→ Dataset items

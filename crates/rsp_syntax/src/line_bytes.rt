// Bytes of a line: which a line may have, whitespace at its ends, the first byte of a kind, and where it is cut.

ghost use Rattle.std.specs.Prelude.{◌≡◌, ◌≤◌, ◌==◌, length, reverse, option_map};
ghost use Rattle.std.specs.List.{list_all, position_or_len};
ghost use Rattle.std.specs.Str.{str_eq_ignore_ascii_case};
ghost use Rattle.std.specs.Str.Lines.{strip_carriage_return};
ghost use Rattle.rsp_syntax.specs.Chars.{is_blank, is_line, is_line_byte, skip_blanks, trim};
ghost use Rattle.rsp_syntax.specs.Cuts.{cut};

use memchr::{memchr, memchr2};

/// The greatest length of a line in bytes, without its line ending.
pub const MAX_LINE_LEN: usize = 256;

/// Whether a line may contain this byte: a tab, or printable ASCII, which is 20 to 7e hexadecimal.
#[inline]
pub(crate) fn is_line_byte(c: u8) -> bool
    ensures { result ≡ is_line_byte c }
{
    c == b'\t' || matches!(c, b' '..=b'~')
}

/// Whether a line may contain each of the bytes: tabs and 20 to 7e hexadecimal. It doesn't stop at the first other byte, so
/// that the loop has no branch and takes many bytes at a time.
pub fn has_line_bytes(line: &[u8]) -> bool
    ensures { result ≡ list_all is_line_byte line.now }
{
    let mut plain = true;
    for c in line {
        plain &= is_line_byte(*c);
    }
    plain
}

/// Whether `line`, given without its line ending, has at most 256 bytes, all of them tabs and 20 to 7e hexadecimal.
pub fn is_line(line: &[u8]) -> bool
    ensures { result ≡ is_line line.now }
{
    line.len() <= MAX_LINE_LEN && has_line_bytes(line)
}

/// `line` without the carriage return at its end, if there is one. Only the last is removed.
pub fn without_return(line: &[u8]) -> &[u8]
    ensures { result.now ≡ strip_carriage_return line.now }
{
    match line {
        [prefix @ .., b'\r'] => prefix,
        _ => line,
    }
}

/// A space or a tab.
#[inline]
pub(crate) fn is_blank(c: u8) -> bool
    ensures { result ≡ is_blank c }
{
    c == b' ' || c == b'\t'
}

/// `text` without the blanks at its start.
pub fn skip_blanks(text: &[u8]) -> &[u8]
    ensures value { result.now ≡ skip_blanks text.now }
    ensures len { length result.now ≤ length text.now }
{
    let mut text = text;
    while let [first, rest @ ..] = text {
        if !is_blank(*first) {
            break;
        }
        text = rest;
    }
    text
}

/// `text` without the blanks at its end.
fn drop_last_blanks(text: &[u8]) -> &[u8]
    ensures value { result.now ≡ reverse (skip_blanks (reverse text.now)) }
    ensures len { length result.now ≤ length text.now }
{
    let mut text = text;
    while let [rest @ .., last] = text {
        if !is_blank(*last) {
            break;
        }
        text = rest;
    }
    text
}

/// `text` without the blanks at both ends.
pub fn trim(text: &[u8]) -> &[u8]
    ensures value { result.now ≡ trim text.now }
    ensures len { length result.now ≤ length text.now }
{
    drop_last_blanks(skip_blanks(text))
}

/// How many bytes are before the first `byte`: all of them if the text has none.
#[tactic(auto, using(crate::proofs::Trims::first_places))]
pub fn len_before(byte: u8, text: &[u8]) -> usize
    ensures value { result ≡ position_or_len (λ b. b == byte) text.now }
    ensures within { result ≤ length text.now }
{
    match memchr(byte, text) {
        Some(at) => at,
        None => text.len(),
    }
}

/// How many bytes are before the first blank, a space or a tab: all of them if the text has none.
#[tactic(auto, using(crate::proofs::Trims::first_places))]
pub fn len_before_blank(text: &[u8]) -> usize
    ensures value { result ≡ position_or_len is_blank text.now }
    ensures within { result ≤ length text.now }
{
    match memchr2(b' ', b'\t', text) {
        Some(at) => at,
        None => text.len(),
    }
}

/// The separators of the assembler's syntax.
#[derive(Clone, Copy, PartialEq, Eq, Debug)]
pub enum Boundary {
    /// A space or a tab.
    Blank,
    /// `:` after a label.
    Colon,
    /// A line feed.
    Newline,
    /// `,` between operands.
    Comma,
    /// `#` or `;`, which begin a comment.
    Comment,
    /// `[` before an element, a byte or a lane.
    Bracket,
    /// `(` before a base register.
    Parenthesis,
    /// `+`
    Plus,
    /// `-`
    Minus,
}

impl Boundary {
    ghost use Rattle.rsp_syntax.specs.Cuts.{is_boundary};

    /// Whether this byte is such a separator.
    fn is_at(self, c: u8) -> bool
        ensures { result ≡ is_boundary self c }
    {
        match self {
            Boundary::Blank => is_blank(c),
            Boundary::Colon => c == b':',
            Boundary::Newline => c == b'\n',
            Boundary::Comma => c == b',',
            Boundary::Comment => c == b'#' || c == b';',
            Boundary::Bracket => c == b'[',
            Boundary::Parenthesis => c == b'(',
            Boundary::Plus => c == b'+',
            Boundary::Minus => c == b'-',
        }
    }
}

/// Cuts a text at its first separator of this kind: the part before it, and the part after it. None if the text has none.
pub fn cut(text: &[u8], boundary: Boundary) -> Option<(&[u8], &[u8])>
    ensures { option_map (λ p. (p.0.now, p.1.now)) result ≡ cut boundary text.now }
{
    for (at, c) in text.iter().enumerate() {
        if boundary.is_at(*c) {
            return Some((&text[..at], &text[at + 1..]));
        }
    }
    None
}

/// Whether two names are equal, with ASCII letters in either case.
pub fn is_same(a: &[u8], b: &[u8]) -> bool
    ensures { result ≡ str_eq_ignore_ascii_case a.now b.now }
{
    a.eq_ignore_ascii_case(b)
}
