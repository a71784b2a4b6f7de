/// The range of an operand's value, and how a value in it becomes a field of the word.
#[derive(Clone, Copy, PartialEq, Eq, Debug)]
pub enum OperandRange {
    /// An immediate, or the offset of a scalar load or store: -32768 to 65535, kept modulo 65536.
    Half,
    /// A shift amount: 0 to 31, kept as it is.
    Amount,
    /// The target of a jump, a byte address in IMEM: a multiple of 4 from 0 to 4092, kept divided by 4.
    Jump,
    /// The target of a branch, an address as of a jump. It is kept as the distance from the delay slot in words, modulo 65536.
    Branch,
    /// The offset of a vector load or store in bytes: -64 to 63 times the instruction's scale, kept divided by the scale,
    /// modulo 128.
    Scaled(u8),
    /// A number of `.word`: -2147483648 to 4294967295, kept modulo 2^32.
    Word,
}
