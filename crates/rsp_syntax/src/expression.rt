// Expressions: operands that are a number, a label, or a label and a number.

ghost use Rattle.std.specs.Prelude.{◌≡◌, ◌≤◌, length, option_map, slice_index, Some};
ghost use Rattle.std.specs.List.{list_all};
ghost use Rattle.rsp_syntax.specs.Chars.{is_name_byte, is_name_start};
ghost use Rattle.rsp_syntax.specs.Numbers.{is_label, expression_of, label_and_number};
ghost use Rattle.rsp_syntax.specs.Capping.{expression, capped_expression};

use crate::line_bytes::{Boundary, cut, skip_blanks, trim};
use crate::name_bytes::{is_name_byte, is_name_start};
use crate::numbers::{number, read_unsigned, signed};

/// The value of an expression: a number, or the address of a label plus a number.
#[derive(Clone, Copy)]
pub struct Expression<'a> {
    /// The label's name, or None if the expression is a number alone.
    pub label: Option<&'a [u8]>,
    /// The number, clamped to -2^40 to 2^40. No operand range holds either end, so a clamped number is always out of range,
    /// whichever label it is added to.
    pub offset: i64,
}

/// Whether a label may contain each byte.
fn has_name_bytes(text: &[u8]) -> bool
    ensures { result ≡ list_all is_name_byte text.now }
{
    for c in text {
        if !is_name_byte(*c) {
            return false;
        }
    }
    true
}

/// Whether there is a first byte, and a label may begin with it.
fn begins_name(text: &[u8]) -> bool
    ensures { result ≡ is_name_start (slice_index text.now 0) }
{
    match text {
        [first, ..] => is_name_start(*first),
        [] => false,
    }
}

/// Whether a text is a label's name: a letter or `_`, then letters, digits and `_`, 1 to 32 bytes in all. Case counts.
pub fn is_label(text: &[u8]) -> bool
    ensures { result ≡ is_label text.now }
{
    begins_name(text) && has_name_bytes(text) && text.len() <= 32
}

/// A constructor with a contract in the words of the definitions.
fn numbered(label: Option<&[u8]>, offset: i64) -> Expression<'_>
    ensures { expression result ≡ record { label = option_map (λ t. t.now) label.entry; offset = offset } }
{
    Expression { label, offset }
}

/// A label plus or minus the number that `text` writes without a sign; None if either can't be read.
fn label_and_number<'a>(name: &'a [u8], negative: bool, text: &[u8]) -> Option<Expression<'a>>
    ensures { option_map expression result ≡ option_map capped_expression (label_and_number name.now negative text.now) }
{
    if !is_label(name) {
        return None;
    }
    let number = read_unsigned(text)?;
    Some(numbered(Some(name), signed(number, negative)))
}

/// Reads an expression: a number, a label, or a label, `+` or `-`, and a number without a sign. Blanks are allowed around that
/// sign and nowhere else. None if the text is no expression.
///
/// The first `+` is the sign, or the first `-` if there is no `+`; so `x+-5` and `x+1-1` are no expressions.
pub fn read_expression(text: &[u8]) -> Option<Expression<'_>>
    ensures { option_map expression result ≡ option_map capped_expression (expression_of text.now) }
{
    if is_label(text) {
        return Some(numbered(Some(text), 0));
    }
    if let Some(offset) = number(text) {
        return Some(numbered(None, offset));
    }
    if let Some((name, rest)) = cut(text, Boundary::Plus) {
        return label_and_number(trim(name), false, skip_blanks(rest));
    }
    let (name, rest) = cut(text, Boundary::Minus)?;
    label_and_number(trim(name), true, skip_blanks(rest))
}
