// The bytes of a label's name.

ghost use Rattle.std.specs.Prelude.{◌≡◌};
ghost use Rattle.rsp_syntax.specs.Chars.{is_name_byte, is_name_start};

/// Whether a name may begin with this byte: a letter or `_`.
#[inline]
pub(crate) fn is_name_start(c: u8) -> bool
    ensures { result ≡ is_name_start c }
{
    matches!(c, b'A'..=b'Z' | b'a'..=b'z' | b'_')
}

/// Whether a name may contain this byte: a letter, a digit or `_`.
#[inline]
pub(crate) fn is_name_byte(c: u8) -> bool
    ensures { result ≡ is_name_byte c }
{
    is_name_start(c) || matches!(c, b'0'..=b'9')
}
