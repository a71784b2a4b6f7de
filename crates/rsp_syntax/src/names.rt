// Names of registers, and of elements of vector registers. Their letters may be in either case.

ghost use Rattle.std.specs.Prelude.{◌≡◌, ◌≤◌, map};
ghost use Rattle.rsp_syntax.specs.Names.{look_up, small_number, scalar_named, scalar_names, vector_named, sp_named, control_named, element_named};

use crate::line_bytes::is_same;

/// The names of scalar registers beside `$0` to `$31`.
static SCALARS: [(&str, u8); 31] = [
    ("$zero", 0),
    ("$at", 1),
    ("$a0", 4),
    ("$a1", 5),
    ("$a2", 6),
    ("$a3", 7),
    ("$t0", 8),
    ("$t1", 9),
    ("$t2", 10),
    ("$t3", 11),
    ("$t4", 12),
    ("$t5", 13),
    ("$t6", 14),
    ("$t7", 15),
    ("$s0", 16),
    ("$s1", 17),
    ("$s2", 18),
    ("$s3", 19),
    ("$s4", 20),
    ("$s5", 21),
    ("$s6", 22),
    ("$s7", 23),
    ("$t8", 24),
    ("$t9", 25),
    ("$k0", 26),
    ("$k1", 27),
    ("$gp", 28),
    ("$sp", 29),
    ("$fp", 30),
    ("$s8", 30),
    ("$ra", 31),
];

/// The number beside a name, whose letters may be in either case; None if the table hasn't the name.
fn look_up(table: &[(&str, u8)], text: &[u8]) -> Option<u8>
    ensures { result ≡ look_up (map (λ e. (e.0.now, e.1)) table.now) text.now }
{
    for (name, number) in table {
        if is_same(text, name.as_bytes()) {
            return Some(*number);
        }
    }
    None
}

/// Reads a decimal number below `limit`, of one digit, or of two digits without a leading zero. None if the text is none.
pub fn small_number(text: &[u8], limit: u8) -> Option<u8>
    ensures { result ≡ small_number limit text.now }
{
    let number = match text {
        [d @ b'0'..=b'9'] => *d - b'0',
        [t @ b'1'..=b'9', d @ b'0'..=b'9'] => 10 * (*t - b'0') + (*d - b'0'),
        _ => return None,
    };
    if number < limit { Some(number) } else { None }
}

/// The number of a scalar register, 0 to 31: of `$0` to `$31`, or of a name such as `$sp` or `$zero`. None of another text.
pub fn read_scalar(text: &[u8]) -> Option<u8>
    ensures { result ≡ scalar_named text.now }
{
    if let [b'$', digits @ ..] = text
        && let Some(number) = small_number(digits, 32)
    {
        return Some(number);
    }
    look_up(&SCALARS, text)
}

/// The number of a vector register, 0 to 31: of `$v0` to `$v31`. None of another text.
pub fn read_vector(text: &[u8]) -> Option<u8>
    ensures { result ≡ vector_named text.now }
{
    match text {
        [b'$', b'v' | b'V', digits @ ..] => small_number(digits, 32),
        _ => None,
    }
}

/// The number of an SP register, 0 to 15: of `$c0` to `$c15`. None of another text.
pub fn read_sp_register(text: &[u8]) -> Option<u8>
    ensures { result ≡ sp_named text.now }
{
    match text {
        [b'$', b'c' | b'C', digits @ ..] => small_number(digits, 16),
        _ => None,
    }
}

static CONTROLS: [(&str, u8); 3] = [("$vco", 0), ("$vcc", 1), ("$vce", 2)];

/// The number of a control register of the vector unit: 0 of `$vco`, 1 of `$vcc`, 2 of `$vce`. None of another text.
pub fn read_control(text: &[u8]) -> Option<u8>
    ensures { result ≡ control_named text.now }
{
    look_up(&CONTROLS, text)
}

/// The elements of computing instructions with their codes; code 0 is the element of a register without brackets.
static ELEMENTS: [(&str, u8); 15] = [
    ("v", 1),
    ("0q", 2),
    ("1q", 3),
    ("0h", 4),
    ("1h", 5),
    ("2h", 6),
    ("3h", 7),
    ("0", 8),
    ("1", 9),
    ("2", 10),
    ("3", 11),
    ("4", 12),
    ("5", 13),
    ("6", 14),
    ("7", 15),
];

/// The code of a computing instruction's element, 1 to 15, by the text between the brackets: `v`, `0q`, `1q`, `0h` to `3h`, or
/// a lane `0` to `7`. None of another text.
pub fn read_element(text: &[u8]) -> Option<u8>
    ensures { result ≡ element_named text.now }
{
    look_up(&ELEMENTS, text)
}
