/// What is found.
#[derive(Clone, Copy)]
pub enum Kind {
    /// A string has no end on its line.
    BadString,
    /// A url without quotes has no end, or a blank or a quote in it.
    BadUrl,
    /// No `}` ends the block of this rule.
    BlockNotClosed,
    /// This is not a declaration: it has no colon or no value, for example.
    BrokenDeclaration,
    /// No `*/` ends the comment.
    CommentNotClosed,
    /// Standards had this at-rule, and browsers do not read it.
    DeprecatedAtRule,
    /// No device is of this type, and browsers know it only for old sheets.
    DeprecatedMediaType,
    /// A rule without a declaration does nothing.
    EmptyRule,
    /// The direction of a gradient is written with `to`, such as `to top`.
    GradientDirection,
    /// The rows of a grid have the same number of cells.
    GridAreas,
    /// Browsers leave out a declaration with `!important` in keyframes.
    ImportantInKeyframes,
    /// A colour has three, four, six or eight hexadecimal digits.
    InvalidColor,
    /// A keyframe is `from`, `to` or a percentage from 0% to 100%.
    InvalidKeyframe,
    /// `and`, `or` and `not` have a blank before a parenthesis.
    InvalidMediaQuery,
    /// `@property` registers a name with `--`, and a syntax of types that are known.
    InvalidPropertyRule,
    /// Browsers leave out a rule with an invalid selector.
    InvalidSelector,
    /// The property takes no such value, neither by the standards nor in browsers.
    InvalidValue,
    /// This is not the white space of CSS, but a part of a name.
    IrregularWhitespace,
    /// `@charset` counts only as the first bytes of a sheet.
    LateCharset,
    /// No rule may be before an `@import` but names of layers, and no rule between two.
    LateImport,
    /// No rule may be before an `@namespace` but an `@import` and names of layers.
    LateNamespace,
    /// A word after `!` is nearly `important`.
    MisspeltImportant,
    /// A custom property is referred to by `var()`.
    MissingVar,
    /// A rule has no `{`.
    NoBlock,
    /// A shorthand after it in the block sets what this one does.
    OverriddenDeclaration,
    /// The same property is set again in the block, and this one is lost.
    RepeatedDeclaration,
    /// The same font is in the list again.
    RepeatedFont,
    /// The same sheet is imported again with the same conditions.
    RepeatedImport,
    /// The same keyframe is there again.
    RepeatedKeyframe,
    /// The same custom property is set before in the block.
    RepeatedProperty,
    /// A rule before it in the same block has the same selectors.
    RepeatedRule,
    /// The same selector is in the list again.
    RepeatedSelector,
    /// The next declaration is read as a part of this one.
    SemicolonMissing,
    /// This closes a bracket that nothing opens.
    StrayBracket,
    /// Brackets are in brackets so deep that they are left out.
    TooDeep,
    /// A length that is not 0 has a unit.
    UnitMissing,
    /// The name is not among those of standards and browsers.
    UnknownAtRule,
    /// The name is not among those of standards and browsers.
    UnknownFunction,
    /// A list says the order of layers, and none names this one.
    UnknownLayer,
    /// The name is not among those of standards and browsers.
    UnknownMediaFeature,
    /// The name is not among those of standards and browsers.
    UnknownProperty,
    /// Browsers leave out a rule with a pseudo-class that they do not know.
    UnknownPseudoClass,
    /// Browsers leave out a rule with a pseudo-element that they do not know.
    UnknownPseudoElement,
    /// The name is not among those of elements of HTML, SVG and MathML.
    UnknownType,
    /// The unit is not among those of standards and browsers.
    UnknownUnit,
    /// Nothing in the sheet declares the custom property, and the reference has no fallback.
    UnknownVariable,
    /// No element has this index, since they begin at 1.
    UnmatchableNth,
    /// `+` and `-` have blanks before and after them in a calculation.
    UnspacedOperator,
    /// The end of the text ends a string or a bracket.
    ValueNotClosed,
    /// Unsupported at-rule: valid, and this library does nothing with it.
    UnsupportedAtRule,
    /// Unsupported condition: valid, and this library does not know whether it holds.
    UnsupportedCondition,
    /// Unsupported hack: a property with `*` or `_` before it, for old browsers.
    UnsupportedHack,
    /// Unsupported nested rule: valid, and this library does not read it.
    UnsupportedNestedRule,
    /// Unsupported pseudo-class: valid, and no element is in this state here.
    UnsupportedPseudoClass,
    /// Unsupported selector: valid, and this library matches no element with it.
    UnsupportedSelector,
}
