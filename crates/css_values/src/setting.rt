//! The values of properties, of which some are registered.
ghost use Rattle.std.specs.Prelude.{◌≡◌, ◌++◌, List, Option, IfOk, OnOk, map, option_map, length};
ghost use Rattle.css_syntax.specs.Escapes.{decoded};
ghost use Rattle.css_values.specs.Substitution.{Value as ValueText};
ghost use Rattle.css_values.specs.Registered.{AreValues, bare as bare_of, declared as declared_of};
ghost use Rattle.css_values.specs.Registered.{falls_back as falls_back_of, inherited_number, initial_number};
ghost use Rattle.css_values.specs.Registered.{initial_text as initial_text_of, initials as initials_of, keeps_own as keeps_own_of};
ghost use Rattle.css_values.specs.Registered.{meanings, others as others_of, properties as properties_of};
ghost use Rattle.css_values.specs.Registered.{registration_named, text_if as text_if_of, undeclared as undeclared_of};
ghost use Rattle.css_values.specs.Registered.{unset_number, value_if as value_if_of, value_in, values_of as values_of_stage};
ghost use Rattle.css_values.specs.Resolution.{given_value as given_value_of};
ghost use Rattle.css_values.specs.Views.{borrowed_value, meanings_of, property_of, registration_of, slot_of, stage_of, stated_of, value_of};

use crate::drafts::Value;
use crate::registering::Registration;
use crate::resolution::{computed_slots, copied};
use crate::table::{Declared, Meanings, NO_MEANINGS, Property, Slot, numbers_of};
use css_syntax::decode;
use std::alloc::{AllocError, Global};
use std::collections::BTreeMap;
use std::marker::Model;

/// Returns a property for whose value nothing stands.
fn bare<'a>(name: &'a str, text: &'a str) -> Declared<'a>
    ensures { property_of result ≡ bare_of (record { name = name.now; text = text.now }) }
{
    Declared {
        name,
        text,
        instead: NO_MEANINGS,
    }
}

/// Returns an initial value, or `initial`, which is none.
fn initial_text(initial: Option<&str>) -> &str
    ensures { result.now ≡ initial_text_of (option_map (λ text. text.now) initial.entry) }
{
    match initial {
        None => "initial",
        Some(text) => text,
    }
}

→ Required action
Check every line of the data for the string "CONTROLS". Give the number of lines that have it, and only that.

→ Solution to the exercise
2